Keep to the lines from the one with "what each asks." through the end of the data, and write them out exactly.

### Provided data
[Start of section]

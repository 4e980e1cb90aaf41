//! Laws of printing and of writing back, each the contract of a function that does nothing.

ghost use Rattle.envtools.specs.FromText.{TextsEnd};
ghost use Rattle.envtools.specs.Printing.{EntriesStandApart, EscapedIsPrintable};
ghost use Rattle.envtools.specs.Saving.{FrontMayStand, SpareMayBreak, SavedIsLoaded};

/// If the bytes in the spare copy's place are not a right copy, the loaded copy stays current.
pub fn spare_may_break()
    ensures { SpareMayBreak }
{}

/// If any prefix of what is saved is in the spare copy's place, the loaded copy stays current, or
/// the spare copy is right.
pub fn front_may_stand()
    ensures { FrontMayStand }
{}

/// If what is saved is in the spare copy's place, loading gives it, with the saved variables.
pub fn saved_is_loaded()
    ensures { SavedIsLoaded }
{}

/// In the escaped form, and if NUL bytes end the entries, no value forges an entry.
pub fn entries_stand_apart()
    ensures { EntriesStandApart }
{}

/// In the escaped form an entry has printable bytes alone before its end.
pub fn escaped_is_printable()
    ensures { EscapedIsPrintable }
{}

/// The data of a text always end: a text is refused only for a line that is no variable, or because memory ran out.
pub fn texts_end()
    ensures { TextsEnd }
{}
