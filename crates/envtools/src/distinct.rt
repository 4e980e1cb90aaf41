//! Whether a name is there twice in an image's data, found without a table of the names.
ghost use Rattle.std.specs.Prelude.{◌≡◌, ◌↔◌, None, IfOk, IsTrue, map};
ghost use Rattle.envimage.specs.Data.{data_fault, pairs_of};
ghost use Rattle.envtools.specs.Environment.{HasDistinctNames};
ghost use Rattle.envtools.specs.Listed.{Ascend, Rise, name_number, with_byte};

use envimage::entries;
use std::alloc::{AllocError, Global};

/// The number with which that of a name starts.
const SEED: u64 = 0xcbf2_9ce4_8422_2325;

/// Whether the names of data ascend in byte order. Then no name is there twice. Takes no
/// memory.
fn is_ascending(body: &[u8]) -> bool
    requires { data_fault body.now ≡ None }
    ensures { IsTrue result ↔ Ascend (pairs_of body.now) }
{
    let mut last: &[u8] = &[];
    for (name, _value) in entries(body) {
        if !last.cmp(&name).is_lt() {
            return false;
        }
        last = name;
    }
    true
}

/// A number with one more byte.
fn with_byte(number: u64, byte: u8) -> u64
    ensures { result ≡ with_byte number byte }
{
    (number ^ u64::from(byte)).wrapping_mul(0x0000_0100_0000_01b3)
}

/// The number of a name. Names that differ may have one number, which costs time alone.
fn name_number(name: &[u8]) -> u64
    ensures { result ≡ name_number name.now }
{
    name.iter()
        .fold(SEED, |number, byte| with_byte(number, *byte))
}

/// The numbers of all names of data, in their order. Errors: memory ran out.
fn name_numbers(alloc: Global, body: &[u8]) -> Result<Vec<u64>, AllocError>
    requires { data_fault body.now ≡ None }
    ensures { IfOk result (λ numbers. numbers.items
        ≡ map (λ p. name_number p.0) (pairs_of body.now)) }
{
    let mut numbers = Vec::new(alloc);
    for (name, _value) in entries(body) {
        numbers.push(name_number(name))?;
    }
    Ok(numbers)
}

/// Whether the first number is greater than 0, and each other one than the one before it.
fn rise(numbers: &[u64]) -> bool
    ensures { IsTrue result ↔ Rise numbers.now }
{
    let mut last = 0;
    for number in numbers {
        if *number <= last {
            return false;
        }
        last = *number;
    }
    true
}

/// Whether no name is found twice in data: they ascend, or their numbers differ. Takes eight bytes
/// for each name if they do not ascend. Errors: memory ran out.
pub(crate) fn are_distinct(alloc: Global, body: &[u8]) -> Result<bool, AllocError>
    requires { data_fault body.now ≡ None }
    ensures distinct { IfOk result (λ are. IsTrue are → HasDistinctNames (pairs_of body.now)) }
    ensures ascending { IfOk result (λ are. Ascend (pairs_of body.now) → IsTrue are) }
{
    if is_ascending(body) {
        return Ok(true);
    }
    let mut numbers = name_numbers(alloc, body)?;
    numbers.sort_unstable();
    Ok(rise(&numbers))
}
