//! What rows ask of rehearsals, over both stores, and the job that makes calls under refused growths of memory. The program
//! `tests_libraries` reads the rows, and its head says what each asks.
#![tactic(auto)]

mod calls;
mod growths;
mod rehearsal;

pub use growths::run_growths;
pub use rehearsal::rehearsed;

[End of section]

### Answer to the exercise
//! `tests_libraries` reads the rows, and its head says what each asks.
#![tactic(auto)]

mod calls;
mod growths;
mod rehearsal;

pub use growths::run_growths;
pub use rehearsal::rehearsed;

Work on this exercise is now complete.